Джек, кажется, верил в эту мечту. А он, Витька? А остальные? Или и правда — это единство только до того момента, пока есть враги-нелюди, опасные для всех и всего, для самой сути Человека? А не станет их — и найдутся поводы и причины, чтобы…
…В минуты опасности мы находим плечо друга и сражаемся рядом с ним, принимаем удары, направленные в него, зная, что он примет нацеленные в нас — и верим, хотим верить, что так будет всегда. А когда наступит мир… тогда…
— Джек, — тихо сказал Витька. — Джек, не надо. Пожалуйста — не надо, сержант…
2
— Глянешь вокруг — и помирать не хочется, — Йожо вздохнул. — А надо.

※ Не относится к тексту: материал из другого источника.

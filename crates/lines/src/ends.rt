// Rule 3: the ends of a volume's lines.
ghost use Rattle.std.specs.Prelude.{◌≡◌, ◌+◌, ◌<◌, ◌≤◌, ◌&&◌, ◌==◌, true, fold, length, slice_index, take, drop};
ghost use Rattle.rules.specs.Base.{is_some};
ghost use Rattle.rules.specs.Spool.{lines_of};
ghost use Rattle.leaves.specs.Bytes.{up_to};
ghost use Rattle.lines.specs.LineEnds.{end_byte, plain_run, high_byte, NoEnd, Stands, lf_at, first_unsound};

use crate::{CR, Layout, MOST_VOLUMES};

const MOST_IN_LINE: usize = 512;

const LF: u8 = 10;

const END: u8 = 26;

// CR, LF or 1A: nearly all bytes are greater.
fn is_end(b: u8) -> bool
    ensures { result ≡ end_byte b }
{
    b <= END && matches!(b, CR | LF | END)
}

// Whether all of some bytes are greater. The `&` has no branch, so that the processor tests eight of them at once.
fn all_above(s: &[u8]) -> bool
    ensures { result ≡ fold (λ high b. high && high_byte b) true s.now }
{
    s.iter().fold(true, |high, b| high & (END < *b))
}

// Over such bytes from a place on, eight at a time. (The step is eight and no byte is looked at twice: a `for` has no such step.)
fn skip_eights(s: &[u8], from: usize) -> usize
    requires { from ≤ length s.now }
    ensures { NoEnd s.now from result }
{
    let mut i = from;
    while 8 <= s.len() - i && all_above(&s[i..i + 8]) {
        i += 8;
    }
    i
}

// Where the first of these bytes stands from a place on. (A `position` here and below is 12 to 30 hundredths slower.)
fn end_from(s: &[u8], from: usize) -> Option<usize>
    requires { from ≤ length s.now }
    ensures { Stands result (from + plain_run (drop from s.now)) (length s.now) }
{
    for i in skip_eights(s, from)..s.len() {
        if is_end(s[i]) {
            return Some(i);
        }
    }
    None
}

// Where the first CR stands from a place on.
pub(crate) fn cr_from(s: &[u8], from: usize) -> Option<usize>
    requires { from ≤ length s.now }
    ensures { Stands result (from + length (up_to 13 (drop from s.now))) (length s.now) }
{
    for i in skip_eights(s, from)..s.len() {
        if s[i] == CR {
            return Some(i);
        }
    }
    None
}

// A volume's last byte: 1A with nothing behind it, where a line would start.
fn last_at(s: &[u8], from: usize, e: usize) -> bool
    requires { e < length s.now }
    ensures { result ≡ (slice_index s.now e == 26 && e == from && e + 1 == length s.now) }
{
    s[e] == END && e == from && e + 1 == s.len()
}

fn lf_at(s: &[u8], i: usize) -> bool
    ensures { result ≡ lf_at i s.now }
{
    i < s.len() && s[i] == LF
}

// Whether a volume's bytes are lines of at most 512 bytes, each ended by CR LF, and then one byte 1A.
pub fn sound_lines(s: &[u8]) -> bool
    ensures { result ≡ is_some (lines_of s.now) }
{
    let mut i = 0;
    while let Some(e) = end_from(s, i) {
        if s[e] != CR {
            return last_at(s, i, e);
        }
        let next = e + 1;
        if MOST_IN_LINE < e - i || !lf_at(s, next) {
            return false;
        }
        i = next + 1;
    }
    false
}

// The same of so many bytes of the spool from a place on; of all there are, where there are fewer.
fn sound_at(s: &[u8], place: u32, size: u32) -> bool
    ensures { result ≡ is_some (lines_of (take size (drop place s.now))) }
{
    let from = place as usize;
    if s.len() <= from {
        return false;
    }
    let to = s.len().min(from + size as usize);
    sound_lines(&s[from..to])
}

// The number, from 1, of the first volume whose lines break rule 3; 0 where none does, as `first_unsound` of the specs has it.
pub fn first_unsound(s: &[u8], l: Layout) -> u32
    ensures { result ≡ first_unsound s.now l }
{
    for i in 0..MOST_VOLUMES.min(l.count as usize) {
        if !sound_at(s, l.places[i], l.lengths[i]) {
            return i as u32 + 1;
        }
    }
    0
}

— Не каркай, — Джек поднял воротник куртки. С утра метели не было, но неожиданно крепко подморозило. Иней искрился загадочным пасмурным светом — словно бы сам по себе, над рекой курился парок, над стаканчиками кофе с ромом — тоже. Пересмеиваясь и притопывая, штурмовики смотрели, как в паре километров по дороге тащится — через полчаса будет здесь — длинный хвост переселенческого обоза махди. Остатки местных кое-как расползались по родным местам, откуда их согнала война. Вчерашний неприятный короткий разговор казался дурным сном. Всё оставалось по-прежнему — и война, и они сами, и их дружба, и мир вокруг…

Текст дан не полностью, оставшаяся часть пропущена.